Exercise description: Pick out the lines below that contain the string "OnErr" and copy them all.

Records shown:
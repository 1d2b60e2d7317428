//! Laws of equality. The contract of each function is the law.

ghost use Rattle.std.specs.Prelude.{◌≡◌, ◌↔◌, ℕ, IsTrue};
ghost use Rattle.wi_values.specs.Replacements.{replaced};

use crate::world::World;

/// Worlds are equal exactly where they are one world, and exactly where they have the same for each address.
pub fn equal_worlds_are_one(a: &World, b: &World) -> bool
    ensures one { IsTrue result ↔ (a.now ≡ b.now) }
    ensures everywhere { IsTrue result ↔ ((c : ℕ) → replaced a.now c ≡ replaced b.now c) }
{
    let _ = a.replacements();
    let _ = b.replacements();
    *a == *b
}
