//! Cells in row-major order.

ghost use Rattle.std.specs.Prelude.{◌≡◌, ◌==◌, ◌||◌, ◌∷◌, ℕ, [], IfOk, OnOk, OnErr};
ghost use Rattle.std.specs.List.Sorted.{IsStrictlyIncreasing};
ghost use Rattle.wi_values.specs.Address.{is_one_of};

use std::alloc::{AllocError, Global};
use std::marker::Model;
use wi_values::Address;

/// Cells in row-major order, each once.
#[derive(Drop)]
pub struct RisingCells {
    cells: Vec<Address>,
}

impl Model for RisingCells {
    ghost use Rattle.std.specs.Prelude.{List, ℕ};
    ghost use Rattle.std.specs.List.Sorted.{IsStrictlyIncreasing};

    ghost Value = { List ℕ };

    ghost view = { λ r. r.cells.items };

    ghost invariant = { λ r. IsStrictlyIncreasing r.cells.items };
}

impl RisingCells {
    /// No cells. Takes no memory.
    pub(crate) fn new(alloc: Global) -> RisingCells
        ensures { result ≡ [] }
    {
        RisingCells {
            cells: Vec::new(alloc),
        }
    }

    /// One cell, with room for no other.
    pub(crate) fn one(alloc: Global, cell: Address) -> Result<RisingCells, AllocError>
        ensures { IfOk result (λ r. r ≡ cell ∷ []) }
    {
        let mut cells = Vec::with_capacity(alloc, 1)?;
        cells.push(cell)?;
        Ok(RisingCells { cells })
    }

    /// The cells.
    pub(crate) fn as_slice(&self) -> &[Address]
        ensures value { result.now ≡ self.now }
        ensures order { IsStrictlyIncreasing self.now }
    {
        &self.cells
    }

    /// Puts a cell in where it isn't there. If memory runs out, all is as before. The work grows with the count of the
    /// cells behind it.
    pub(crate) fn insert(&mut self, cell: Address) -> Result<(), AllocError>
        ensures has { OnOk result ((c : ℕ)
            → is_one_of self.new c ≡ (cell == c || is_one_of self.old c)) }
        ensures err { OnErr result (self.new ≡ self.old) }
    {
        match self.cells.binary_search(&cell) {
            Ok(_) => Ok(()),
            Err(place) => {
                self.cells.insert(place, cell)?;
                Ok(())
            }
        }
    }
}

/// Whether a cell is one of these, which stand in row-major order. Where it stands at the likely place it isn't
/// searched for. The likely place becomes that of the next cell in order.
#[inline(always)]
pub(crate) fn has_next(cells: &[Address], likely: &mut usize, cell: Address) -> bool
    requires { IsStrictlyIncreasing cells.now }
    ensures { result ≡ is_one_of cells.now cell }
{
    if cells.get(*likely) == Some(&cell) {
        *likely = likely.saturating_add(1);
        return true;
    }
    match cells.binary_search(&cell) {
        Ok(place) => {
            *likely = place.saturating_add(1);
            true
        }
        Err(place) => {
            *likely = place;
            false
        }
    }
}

---

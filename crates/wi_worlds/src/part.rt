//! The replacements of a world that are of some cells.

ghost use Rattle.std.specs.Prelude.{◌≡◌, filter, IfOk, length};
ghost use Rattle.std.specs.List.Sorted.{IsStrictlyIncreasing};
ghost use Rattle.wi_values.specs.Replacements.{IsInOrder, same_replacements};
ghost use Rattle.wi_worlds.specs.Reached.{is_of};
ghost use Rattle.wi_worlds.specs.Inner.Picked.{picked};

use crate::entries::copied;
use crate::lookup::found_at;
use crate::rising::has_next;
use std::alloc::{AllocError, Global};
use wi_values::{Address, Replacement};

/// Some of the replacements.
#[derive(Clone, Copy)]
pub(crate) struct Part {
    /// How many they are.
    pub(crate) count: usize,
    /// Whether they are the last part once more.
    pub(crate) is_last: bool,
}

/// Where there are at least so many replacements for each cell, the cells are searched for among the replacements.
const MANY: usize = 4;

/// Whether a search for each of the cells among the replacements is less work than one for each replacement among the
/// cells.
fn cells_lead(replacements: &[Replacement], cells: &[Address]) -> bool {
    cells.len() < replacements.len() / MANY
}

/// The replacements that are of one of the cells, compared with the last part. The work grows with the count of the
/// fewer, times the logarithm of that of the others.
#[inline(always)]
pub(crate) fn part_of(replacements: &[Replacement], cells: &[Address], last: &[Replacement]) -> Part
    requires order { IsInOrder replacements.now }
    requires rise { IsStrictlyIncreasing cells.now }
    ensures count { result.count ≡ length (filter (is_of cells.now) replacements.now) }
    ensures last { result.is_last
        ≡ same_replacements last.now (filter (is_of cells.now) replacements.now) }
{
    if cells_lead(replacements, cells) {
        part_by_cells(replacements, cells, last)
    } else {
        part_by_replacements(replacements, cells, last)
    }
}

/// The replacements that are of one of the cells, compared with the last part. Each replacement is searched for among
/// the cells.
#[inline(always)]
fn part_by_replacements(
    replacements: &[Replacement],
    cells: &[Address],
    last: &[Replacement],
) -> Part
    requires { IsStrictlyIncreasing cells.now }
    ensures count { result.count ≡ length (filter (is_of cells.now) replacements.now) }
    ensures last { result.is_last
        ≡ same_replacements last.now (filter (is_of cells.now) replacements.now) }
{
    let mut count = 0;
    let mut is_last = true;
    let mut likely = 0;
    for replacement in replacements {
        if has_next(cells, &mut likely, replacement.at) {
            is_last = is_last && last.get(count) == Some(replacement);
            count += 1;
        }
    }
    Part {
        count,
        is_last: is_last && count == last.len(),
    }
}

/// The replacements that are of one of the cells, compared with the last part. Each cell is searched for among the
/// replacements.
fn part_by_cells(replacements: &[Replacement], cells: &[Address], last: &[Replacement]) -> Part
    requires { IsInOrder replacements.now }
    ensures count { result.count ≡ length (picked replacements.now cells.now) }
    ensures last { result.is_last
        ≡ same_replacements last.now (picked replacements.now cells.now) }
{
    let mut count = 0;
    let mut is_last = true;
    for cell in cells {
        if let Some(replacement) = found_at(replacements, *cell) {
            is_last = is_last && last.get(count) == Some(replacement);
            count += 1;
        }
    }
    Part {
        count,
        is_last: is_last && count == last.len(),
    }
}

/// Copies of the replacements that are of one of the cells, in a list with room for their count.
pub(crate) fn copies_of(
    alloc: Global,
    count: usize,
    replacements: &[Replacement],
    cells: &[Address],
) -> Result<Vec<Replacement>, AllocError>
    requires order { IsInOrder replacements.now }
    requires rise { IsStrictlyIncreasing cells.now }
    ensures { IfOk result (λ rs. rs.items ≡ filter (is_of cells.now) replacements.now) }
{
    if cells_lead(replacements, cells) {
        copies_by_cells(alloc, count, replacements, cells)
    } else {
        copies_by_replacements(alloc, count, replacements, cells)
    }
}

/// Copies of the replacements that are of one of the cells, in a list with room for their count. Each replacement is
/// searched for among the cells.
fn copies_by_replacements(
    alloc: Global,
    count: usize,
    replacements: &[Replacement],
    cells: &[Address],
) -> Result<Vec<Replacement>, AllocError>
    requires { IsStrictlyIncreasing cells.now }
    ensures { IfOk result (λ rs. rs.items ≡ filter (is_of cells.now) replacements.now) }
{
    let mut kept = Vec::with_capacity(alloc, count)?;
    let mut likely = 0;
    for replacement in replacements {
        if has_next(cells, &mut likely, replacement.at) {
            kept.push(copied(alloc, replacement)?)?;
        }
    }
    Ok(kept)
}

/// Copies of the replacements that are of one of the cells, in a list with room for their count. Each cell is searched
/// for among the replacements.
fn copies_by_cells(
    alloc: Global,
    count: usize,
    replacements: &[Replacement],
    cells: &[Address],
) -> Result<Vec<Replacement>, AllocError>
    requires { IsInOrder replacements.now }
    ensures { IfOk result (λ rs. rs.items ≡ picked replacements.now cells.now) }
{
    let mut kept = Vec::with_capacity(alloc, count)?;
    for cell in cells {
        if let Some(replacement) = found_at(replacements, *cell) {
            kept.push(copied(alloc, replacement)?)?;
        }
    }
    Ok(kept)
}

Result of the task:
ghost use Rattle.std.specs.Prelude.{◌≡◌, ◌==◌, ◌||◌, ◌∷◌, ℕ, [], IfOk, OnOk, OnErr};
        ensures err { OnErr result (self.new ≡ self.old) }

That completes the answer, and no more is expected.